Para todos los efectos voy a denominar estas tres “edades” como sigue:

(I)            Infancia (virtudes incipientes)

(II)          Juventud (virtudes consolidadas)

(III)         Madurez (virtudes eminentes)

Quienes están en la edad de la “Infancia” (I) sólo pueden ser felices como máximo en el área definida por el primer octágono concéntrico. En un nivel superior, quienes están en la edad de la “juventud” (II) pueden serlo hasta un máximo delimitado por el siguiente octágono concéntrico. La edad de la “madurez”(III), en cambio, permite el máximo nivel de expansión de la felicidad.
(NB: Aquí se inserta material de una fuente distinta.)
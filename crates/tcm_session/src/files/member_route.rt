//! The route from one set of members of the metadata service to another, in the last state of a log.

ghost use Rattle.std.specs.Prelude.{◌≡◌, ◌++◌, ◌≤◌, IfOk, IsSome, IsTrue, OnOk, codes, decimal, length};
ghost use Rattle.std.specs.Option.{option_copied};
ghost use Rattle.cms_members.specs.Accepted.{service_after_all};
ghost use Rattle.cms_members.specs.Service.{service_of};
ghost use Rattle.script_lang.specs.AnswerTexts as texts;
ghost use Rattle.transformations.specs.States as states;
ghost use Rattle.tcm_session.specs.Request.{are_nodes};
ghost use Rattle.tcm_session.specs.files.MemberRoute as spec;

use crate::ending::Ending;
use crate::files::member_walk::walk_along;
use crate::node_list::NodeList;
use cluster_terms::{ByteText, Memory, NodeId};
use cms_members::{Change, Members, route};
use node_sets::NodeSet;
use script_lang::labelled;
use script_session::Session;
use std::alloc::Global;
use transformations::{Image, NodeState, node_state};

/// The set of the nodes of a list, 1 to 16.
#[tactic(auto, using(crate::proofs::members::ListedNodes::listed_set, crate::proofs::members::ListedNodes::listed_count))]
fn set_of(alloc: Global, nodes: &NodeList) -> Result<NodeSet, Memory>
    requires { IsTrue (are_nodes nodes.now) }
    ensures set { IfOk result (λ set. set ≡ nodes.now) }
    ensures count { IfOk result (λ set. (1 ≤ length set) × (length set ≤ 16)) }
{
    NodeSet::from_ids(alloc, nodes.as_slice())
}

/// Adds the number of changes of a route from a set, all of which are accepted, and their lines.
fn route_text(from: NodeSet, changes: &[Change], out: &mut ByteText) -> Result<(), Memory>
    requires from { (1 ≤ length from) × (length from ≤ 16) }
    requires accepted { IsSome (service_after_all (service_of from) changes.now) }
    ensures { OnOk result (out.new ≡ out.old
        ++ (spec.route_head changes.now ++ spec.change_lines (service_of from) changes.now)) }
{
    let count = changes.len() as u64;
    labelled(b"CMS ", &count, out)?;
    out.extend(b"\n")?;
    match Members::from_set(from) {
        Ok(members) => walk_along(members, changes, out),
        Err(_) => unreachable!(),
    }
}

/// The end with the route from one set to another.
#[tactic(auto, unfolding(crate::specs::files::MemberRoute::route_text))]
fn routed(alloc: Global, from: NodeSet, to: &NodeSet) -> Result<Ending, Memory>
    requires from { (1 ≤ length from) × (length from ≤ 16) }
    requires to { (1 ≤ length to.now) × (length to.now ≤ 16) }
    ensures { IfOk result (λ ending. ending ≡ record { status = 0; text = spec.route_text from to.now }) }
{
    let changes = route(alloc, &from, to)?;
    let mut text = ByteText::empty(alloc);
    route_text(from, changes.as_slice(), &mut text)?;
    Ok(Ending { status: 0, text })
}

/// Whether a node is JOINED.
fn is_joined(image: &Image, n: NodeId) -> bool
    ensures { result ≡ spec.is_joined (states.node_state image.now n) }
{
    matches!(node_state(image, n), Some(NodeState::Joined))
}

/// The first of some nodes that isn't JOINED.
fn first_unjoined<'a>(image: &Image, nodes: &'a [NodeId]) -> Option<&'a NodeId>
    ensures { option_copied result ≡ spec.first_unjoined image.now nodes.now }
{
    nodes.iter().find(|n| !is_joined(image, **n))
}

/// Adds the state of a node that isn't JOINED.
fn state_text(n: NodeId, state: NodeState, out: &mut ByteText) -> Result<(), Memory>
    ensures { OnOk result (out.new ≡ out.old
        ++ (codes "NO NODE-STATE " ++ decimal n ++ codes " " ++ texts.state_text state)) }
{
    labelled(b"NO NODE-STATE ", &n, out)?;
    labelled(b" ", &state, out)
}

/// Adds why a node that isn't JOINED doesn't join the members: it isn't registered, or it is in this state.
fn unjoined_text(n: NodeId, state: Option<NodeState>, out: &mut ByteText) -> Result<(), Memory>
    ensures { OnOk result (out.new ≡ out.old ++ spec.unjoined_text n state) }
{
    match state {
        None => {
            labelled(b"NO NO-NODE ", &n, out)?;
            out.extend(b"\n")
        }
        Some(state) => {
            state_text(n, state, out)?;
            out.extend(b"\n")
        }
    }
}

/// The end at a node that isn't JOINED.
fn unjoined(alloc: Global, image: &Image, n: NodeId) -> Result<Ending, Memory>
    ensures { IfOk result (λ ending. ending
        ≡ record { status = 7; text = spec.unjoined_text n (states.node_state image.now n) }) }
{
    let mut text = ByteText::empty(alloc);
    unjoined_text(n, node_state(image, n), &mut text)?;
    Ok(Ending { status: 7, text })
}

/// The end with the route from one set to another, or at the first node that joins and isn't JOINED.
fn in_image(alloc: Global, image: &Image, from: &NodeList, to: &NodeList) -> Result<Ending, Memory>
    requires from { IsTrue (are_nodes from.now) }
    requires to { IsTrue (are_nodes to.now) }
    ensures { IfOk result (λ ending. ending ≡ spec.route_in from.now to.now image.now) }
{
    let from = set_of(alloc, from)?;
    let to = set_of(alloc, to)?;
    let joining = to.minus(&from)?;
    match first_unjoined(image, joining.ids()) {
        Some(n) => unjoined(alloc, image, *n),
        None => routed(alloc, from, &to),
    }
}

/// The end with the route from one set of members to another, or at the first node that joins and isn't JOINED in the
/// last state of the session's log.
///
/// Cost: the image of the last epoch is copied.
pub fn show_route(
    alloc: Global,
    session: &Session,
    from: &NodeList,
    to: &NodeList,
) -> Result<Ending, Memory>
    requires from { IsTrue (are_nodes from.now) }
    requires to { IsTrue (are_nodes to.now) }
    ensures { IfOk result (λ ending. ending ≡ spec.log_route from.now to.now session.now.log) }
{
    let image = session.image_at(session.last_epoch())?;
    in_image(alloc, &image, from, to)
}
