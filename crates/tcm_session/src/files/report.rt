//! The report of a replay, and the run of `replay`.

ghost use Rattle.std.specs.Prelude.{◌≡◌, ◌≤◌, ◌∷◌, ◌++◌, [], codes, decimal, flat_map, length, map, string_bytes, take, IfOk, OnOk};
ghost use Rattle.tcm_edges.specs.Shown.{ShowsNoMore};
ghost use Rattle.script_lang.specs.AnswerTexts as texts;
ghost use Rattle.tcm_session.specs.Counts.{counts};
ghost use Rattle.tcm_session.specs.code.RunFaults.{counts_by};
ghost use Rattle.tcm_session.specs.files.Replay as spec;
ghost use Rattle.tcm_session.specs.code.Replays.{EndsSo};

use crate::ending::Ending;
use crate::files::replay::{Replay, hand_files};
use crate::run_fault::RunFault;
use cluster_metadata::Metadata;
use cluster_terms::{ByteText, Memory};
use script_lang::{labelled, nodes_text};
use script_session::placements_text;
use std::alloc::Global;
use tcm_edges::Store;

/// Adds the number of lines, and the follower's epoch.
fn epoch_text(replay: &Replay, out: &mut ByteText) -> Result<(), Memory>
    ensures { OnOk result (out.new ≡ out.old ++ (codes "REPLAY " ++ decimal replay.now.lines
        ++ codes " at " ++ decimal replay.now.follower.image.epoch)) }
{
    labelled(b"REPLAY ", &replay.lines, out)?;
    labelled(b" at ", &replay.follower.epoch(), out)
}

/// Adds the number of entries that wait at the follower, and the number of lines that were answered `Full`.
fn waiting_text(replay: &Replay, out: &mut ByteText) -> Result<(), Memory>
    ensures { OnOk result (out.new ≡ out.old
        ++ texts.line (codes " waiting " ++ decimal (length replay.now.follower.waiting)
        ++ codes " full " ++ decimal replay.now.full)) }
{
    let waiting = replay.follower.waiting() as u64;
    labelled(b" waiting ", &waiting, out)?;
    labelled(b" full ", &replay.full, out)?;
    out.extend(b"\n")
}

/// Adds the head of a report: the number of lines, the follower's epoch, the number of entries that wait at it, and the
/// number of lines that were answered `Full`.
fn head_text(replay: &Replay, out: &mut ByteText) -> Result<(), Memory>
    ensures { OnOk result (out.new ≡ out.old ++ spec.report_head replay.now) }
{
    epoch_text(replay, out)?;
    waiting_text(replay, out)
}

/// Adds the placements of all keyspaces, ascending by name.
fn places_text(metadata: &Metadata, out: &mut ByteText) -> Result<(), Memory>
    ensures { OnOk result (out.new ≡ out.old ++ flat_map (texts.place_text metadata.now) metadata.now.keyspaces) }
{
    for keyspace in metadata.as_image().keyspaces.as_slice() {
        placements_text(metadata, &keyspace.name, out)?;
    }
    Ok(())
}

/// Adds the report of a replay: the head, the nodes, and the placements of the keyspaces, ascending by name.
#[tactic(auto, unfolding(crate::specs::files::Replay::report_text))]
fn report_text(alloc: Global, replay: &Replay, out: &mut ByteText) -> Result<(), Memory>
    ensures { OnOk result (out.new ≡ out.old ++ spec.report_text replay.now) }
{
    let metadata = replay.follower.metadata();
    head_text(replay, out)?;
    nodes_text(alloc, metadata.as_image(), out)?;
    places_text(metadata, out)
}

/// The end of a replay at the end of its files.
fn reported(alloc: Global, replay: &Replay) -> Result<Ending, Memory>
    ensures { IfOk result (λ ending. ending ≡ record { status = 0; text = spec.report_text replay.now }) }
{
    let mut text = ByteText::empty(alloc);
    report_text(alloc, replay, &mut text)?;
    Ok(Ending { status: 0, text })
}

/// Hands the lines of files to a follower that was handed nothing, and returns the end of the replay.
fn end_of<D: Store>(
    alloc: Global,
    replay: &mut Replay,
    names: &[String],
    store: &mut D,
) -> Result<Ending, RunFault>
    requires few { length names.now ≤ 64 }
    requires begins { replay.old ≡ spec.nothing_replayed }
    ensures ends { IfOk result (λ ending.
        EndsSo (spec.replay_ending (map string_bytes names.now)) ending (D.files store.old)) }
    ensures files { D.files store.new ≡ D.files store.old }
    ensures crash { ShowsNoMore (D.shows store.old) (D.shows store.new) }
    ensures cause { counts 0 0 (D.faults store.new)
        ≡ counts_by result (counts 0 0 (D.faults store.old)) }
{
    match hand_files(alloc, replay, names, store)? {
        Some(ending) => Ok(ending),
        None => Ok(reported(alloc, replay)?),
    }
}

/// Replays files, and returns the end of the replay. No file changes.
///
/// Cost: one file is in memory at a time, beside the follower.
pub fn replay_files<D: Store>(
    alloc: Global,
    names: &[String],
    store: &mut D,
) -> Result<Ending, RunFault>
    requires few { length names.now ≤ 64 }
    ensures ends { IfOk result (λ ending.
        EndsSo (spec.replay_ending (map string_bytes names.now)) ending (D.files store.old)) }
    ensures files { D.files store.new ≡ D.files store.old }
    ensures crash { ShowsNoMore (D.shows store.old) (D.shows store.new) }
    ensures cause { counts 0 0 (D.faults store.new)
        ≡ counts_by result (counts 0 0 (D.faults store.old)) }
{
    let mut replay = Replay::empty(alloc)?;
    let ended = end_of(alloc, &mut replay, names, store);
    replay.close();
    ended
}
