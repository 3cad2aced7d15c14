ghost use Rattle.std.specs.Prelude.{◌≡◌, ◌*◌, ◌-◌, ◌<◌, ◌≤◌, ◌^◌, ◌↔◌, if◌then◌else◌, ℤ, [], true, false, None, length, map, option_map, IfErr, IfOk, IfSome, IsNone, IsSome, IsTrue, MatchResult, OnErr, OnOk};
ghost use Rattle.std.specs.List.{All, Contains};
ghost use Rattle.std.specs.Option.{option_copied};
ghost use Rattle.std.specs.Ordering.{int_eq};
ghost use Rattle.std.specs.Set.{is_member};
ghost use Rattle.cluster_terms.specs.Row.{rows_between};
ghost use Rattle.cluster_terms.specs.declared.replication.Replication.{Replication};
ghost use Rattle.transformations.specs.CutSteps.{SameAcross};
ghost use Rattle.transformations.specs.History.{empty_image, is_command, most_epochs, next_image};
ghost use Rattle.transformations.specs.ImageRules.{bad_of};
ghost use Rattle.transformations.specs.declared.keyspace.KeyspaceRow.{KeyspaceRow as Keyspace};
ghost use Rattle.transformations.specs.Movements.{movement_of};
ghost use Rattle.transformations.specs.declared.sequence.Phase.TheVariants as phase;
ghost use Rattle.transformations.specs.declared.sequence.SeqRow.{SeqRow as MovementRow};
ghost use Rattle.transformations.specs.Meeting.{HaveReplications, MeetsAfter, QuorumsExistTogether, QuorumsMeet, ReadsAreWritten, is_unsafe_join, makes_movement_epoch};
ghost use Rattle.transformations.specs.Refusals.{early_refusal_of, prepared_by, refusal_of};
ghost use Rattle.transformations.specs.Rings.{cuts, writes_at};
ghost use Rattle.transformations.specs.Valid.{IsValid};
ghost use Rattle.cluster_metadata.specs.Metadata.{directory_of};
ghost use Rattle.cluster_metadata.specs.CutDeltas.{ActsByDelta, CutsMove, DeltasSameAcross};
ghost use Rattle.cluster_metadata.specs.code.MetadataParts.{DiffersInNumbers};
ghost use Rattle.cluster_metadata.specs.ImageFaults.{IsCause};
ghost use Rattle.sequence_plans.specs.Locks.{AreLocksOf};
ghost use Rattle.sequence_plans.specs.PlanDeltas.{HasDeltas};
ghost use Rattle.placement_maps.specs.Maps.{placement_rows};
ghost use Rattle.placement_maps.specs.Served as spec;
Con esto quiero señalar lo más gráficamente posible el enorme vínculo que existe entre nuestra felicidad y nuestra propia perfección. Mientras más perfecta es una persona, en todas las dimensiones de su existencia, más capaz se hace de la felicidad.

Como dijimos anteriormente, si bien en el camino hacia nuestra felicidad no todo se puede programar, no todo se puede planificar, es claro que hay una parte del juego que sí nos corresponde jugar a nosotros y que no se hará realidad sin nosotros.

Saquemos algunas ideas del “Diamante de los bienes humanos”. Pero no nos quedemos en eso. Hagamos propósitos concretos tomando como plantilla cada uno de estos bienes básicos. Siempre hay objetivos que alcanzar en cada uno de ellos. Estos objetivos son los que le dan sentido a nuestros esfuerzos, un significado a nuestra vida. Te animo a poner manos a la obra recordándote las sabias palabras de Jean Guitton: “Los hombres de acción asisten a la vida al mismo tiempo que la dirigen”.